Severnside Alliance for Translational Research, University of Bristol, Bristol, UK.
J Psychopharmacol. 2011 Sep;25(9):1199-206. doi: 10.1177/0269881111400650. Epub 2011 May 9.
We have validated the use of prolonged inhalation of 7.5% carbon dioxide (CO(2)) as a human model of anxiety and have shown that drugs from two prototypical classes of anxiolytics, benzodiazepines and a serotonin reuptake inhibitor, attenuate CO(2)-induced symptoms (Bailey et al., 2007a). Preclinical evidence suggests that drugs acting at the corticotropin-releasing factor (CRF) system may be useful for the treatment of depression, anxiety, and other stress-related disorders (Valdez, 2006), hence we have now examined the effects of a CRF(1) receptor antagonist in the 7.5% CO(2) model. In a randomized double-blind, placebo-controlled, study in 32 healthy participants we examined the effects of 7 days of treatment with the CRF(1) receptor antagonist, R317573, at a dose that shows a favourable safety profile and is comparable with those effective in preclinical models (40 mg). On day 8, eight of the placebo-treated group received lorazepam (LZP) 2 mg as a positive control. All participants underwent 20 min inhalation of 7.5% CO(2)-enriched air. Subjective reports of peak gas effects were assessed using visual analogue scales and questionnaires. The mean age of participants was 26 years, and 13 were male. The peak effects of CO(2) were expressed as a difference from baseline scores obtained while breathing air alone. Compared with placebo (PLAC), both drug groups showed a decrease in all subjective symptoms, total score on the panic symptom inventory (CRF 11 [2.6], PLAC 16.4 [3.1], LZP 2.9 [3.0]) and a generalized anxiety disorder symptom scale (CRF 2.2 [1.5], PLAC 8.2 [2.2], LZP 1.1 [1.5]). We have shown that a drug that acts to inhibit the CRF(1) receptor shows efficacy in the 7.5% CO(2) model of anxiety in healthy participants.

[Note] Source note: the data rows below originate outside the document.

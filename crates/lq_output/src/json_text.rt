ghost use Rattle.std.specs.Prelude.{◌≡◌, [], ◌∷◌, ◌++◌, OnErr, OnOk, map};
ghost use Rattle.std.specs.Fmt.{decimal};
ghost use Rattle.std.specs.List.{list_all};
ghost use Rattle.json.specs.Print.{quoted};
ghost use Rattle.lq_schema.specs.Value.{meaning_of};
ghost use Rattle.lq_output.specs.Cells.{joined_texts, json_list, json_pair, json_text};
ghost use Rattle.lq_output.specs.Escapes.{is_plain_byte};

use crate::number::{push_micro, push_number};
use crate::plain::push_numbers;
use lq_records::{Memory, Text};
use lq_schema::Val;
use serde_json::Value;
use std::alloc::AllocError;

/// Adds the text of a value in JSON. The only error is out of memory.
pub fn push_json(out: &mut Vec<u8>, value: &Val<'_>) -> Result<(), Memory>
    ensures { OnOk result (out.new.items ≡ out.old.items ++ json_text (meaning_of value.now)) }
{
    match value {
        Val::Int(number) => push_number(out, *number),
        Val::Micro(micro) => push_micro(out, *micro),
        Val::Str(text) => push_string(out, text),
        Val::List(texts) => push_strings(out, texts.as_slice()),
        Val::Nums(numbers) => push_number_list(out, numbers.as_slice()),
        Val::Pairs(pairs) => push_pairs(out, pairs.as_slice()),
        Val::Own(text) => push_string(out, text.as_str()),
    }
}

/// Adds a text as a JSON string. The only error is out of memory.
#[tactic(auto, using(crate::proofs::EscapeLemmas::quoted_plain))]
pub fn push_string(out: &mut Vec<u8>, text: &str) -> Result<(), Memory>
    ensures { OnOk result (out.new.items ≡ out.old.items ++ quoted text.now) }
{
    if has_no_escape(text) {
        push_in_quotes(out, text)
    } else {
        push_escaped(out, text)
    }
}

/// Whether a text stands in a JSON string as it is. No byte ends the loop, so that it takes many
/// bytes at once.
#[inline(never)]
pub fn has_no_escape(text: &str) -> bool
    ensures { result ≡ list_all is_plain_byte text.now }
{
    let mut plain = true;
    for byte in text.as_bytes() {
        plain &= is_plain_byte(*byte);
    }
    plain
}

/// Whether a byte stands in a JSON string as it is.
#[inline]
fn is_plain_byte(byte: u8) -> bool
    ensures { result ≡ is_plain_byte byte }
{
    byte >= b' ' && byte != b'"' && byte != b'\\'
}

/// Adds a text between quotes. Where memory runs out, nothing is added.
#[inline(never)]
pub fn push_in_quotes(out: &mut Vec<u8>, text: &str) -> Result<(), Memory>
    ensures ok { OnOk result (out.new.items ≡ out.old.items ++ 34 ∷ (text.now ++ 34 ∷ [])) }
    ensures err { OnErr result (out.new.items ≡ out.old.items) }
{
    let start = out.len();
    out.push(b'"')?;
    if out.extend_from_slice(text.as_bytes()).is_err() {
        out.truncate(start);
        return Err(AllocError);
    }
    if out.push(b'"').is_err() {
        out.truncate(start);
        return Err(AllocError);
    }
    Ok(())
}

#[inline(never)]
fn push_escaped(out: &mut Vec<u8>, text: &str) -> Result<(), Memory>
    ensures { OnOk result (out.new.items ≡ out.old.items ++ quoted text.now) }
{
    let alloc = *out.allocator();
    let string = Value::String(String::from_str(alloc, text)?).to_vec(alloc)?;
    out.extend_from_slice(&string)
}

fn push_strings(out: &mut Vec<u8>, texts: &[Text]) -> Result<(), Memory>
    ensures { OnOk result (out.new.items ≡ out.old.items ++ json_list (map quoted texts.now)) }
{
    out.push(b'[')?;
    push_string_items(out, texts)?;
    Ok(out.push(b']')?)
}

fn push_string_items(out: &mut Vec<u8>, texts: &[Text]) -> Result<(), Memory>
    ensures { OnOk result
        (out.new.items ≡ out.old.items ++ joined_texts (44 ∷ []) (map quoted texts.now)) }
{
    let Some((first, later)) = texts.split_first() else {
        return Ok(());
    };
    push_string(out, first.as_str())?;
    for text in later {
        out.push(b',')?;
        push_string(out, text.as_str())?;
    }
    Ok(())
}

fn push_number_list(out: &mut Vec<u8>, numbers: &[u64]) -> Result<(), Memory>
    ensures { OnOk result (out.new.items ≡ out.old.items ++ json_list (map decimal numbers.now)) }
{
    out.push(b'[')?;
    push_numbers(out, b',', numbers)?;
    Ok(out.push(b']')?)
}

fn push_pairs(out: &mut Vec<u8>, pairs: &[(Text, Text)]) -> Result<(), Memory>
    ensures { OnOk result (out.new.items ≡ out.old.items ++ json_list (map json_pair pairs.now)) }
{
    out.push(b'[')?;
    push_pair_items(out, pairs)?;
    Ok(out.push(b']')?)
}

fn push_pair_items(out: &mut Vec<u8>, pairs: &[(Text, Text)]) -> Result<(), Memory>
    ensures { OnOk result
        (out.new.items ≡ out.old.items ++ joined_texts (44 ∷ []) (map json_pair pairs.now)) }
{
    let Some((first, later)) = pairs.split_first() else {
        return Ok(());
    };
    push_pair(out, first)?;
    for pair in later {
        out.push(b',')?;
        push_pair(out, pair)?;
    }
    Ok(())
}

/// Adds a pair as a list of two strings.
fn push_pair(out: &mut Vec<u8>, pair: &(Text, Text)) -> Result<(), Memory>
    ensures { OnOk result (out.new.items ≡ out.old.items ++ json_pair pair.now) }
{
    out.push(b'[')?;
    push_string(out, pair.0.as_str())?;
    out.push(b',')?;
    push_string(out, pair.1.as_str())?;
    Ok(out.push(b']')?)
}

我们已经验证了长时间吸入 7.5%二氧化碳(CO2)作为焦虑症人类模型的有效性,并表明两种典型的抗焦虑药物——苯二氮䓬类药物和 5-羟色胺再摄取抑制剂——可以减轻 CO2 引起的症状(Bailey 等人,2007a)。临床前证据表明,作用于促肾上腺皮质激素释放因子(CRF)系统的药物可能对治疗抑郁症、焦虑症和其他与压力相关的疾病有用(Valdez,2006),因此我们现在检查了 CRF(1)受体拮抗剂在 7.5% CO2 模型中的作用。在一项随机、双盲、安慰剂对照的研究中,我们在 32 名健康参与者中检查了为期 7 天的 CRF(1)受体拮抗剂 R317573 的治疗效果,该剂量显示出良好的安全性且与临床前模型中有效的剂量相当(40mg)。在第 8 天,安慰剂治疗组中的 8 人接受了劳拉西泮(LZP)2mg 作为阳性对照。所有参与者都接受了 20 分钟 7.5% CO2 富集空气的吸入。使用视觉模拟量表和问卷评估峰值气体效应的主观报告。参与者的平均年龄为 26 岁,其中 13 人为男性。CO2 的峰值效应表示为单独呼吸空气时的基线评分与峰值评分之间的差异。与安慰剂(PLAC)相比,两组药物均降低了所有主观症状、惊恐症状量表(CRF11[2.6],PLAC16.4[3.1],LZP2.9[3.0])和广泛性焦虑障碍症状量表(CRF2.2[1.5],PLAC8.2[2.2],LZP1.1[1.5])的总分。我们已经表明,作用于抑制 CRF(1)受体的药物在健康参与者的 7.5% CO2 焦虑模型中具有疗效。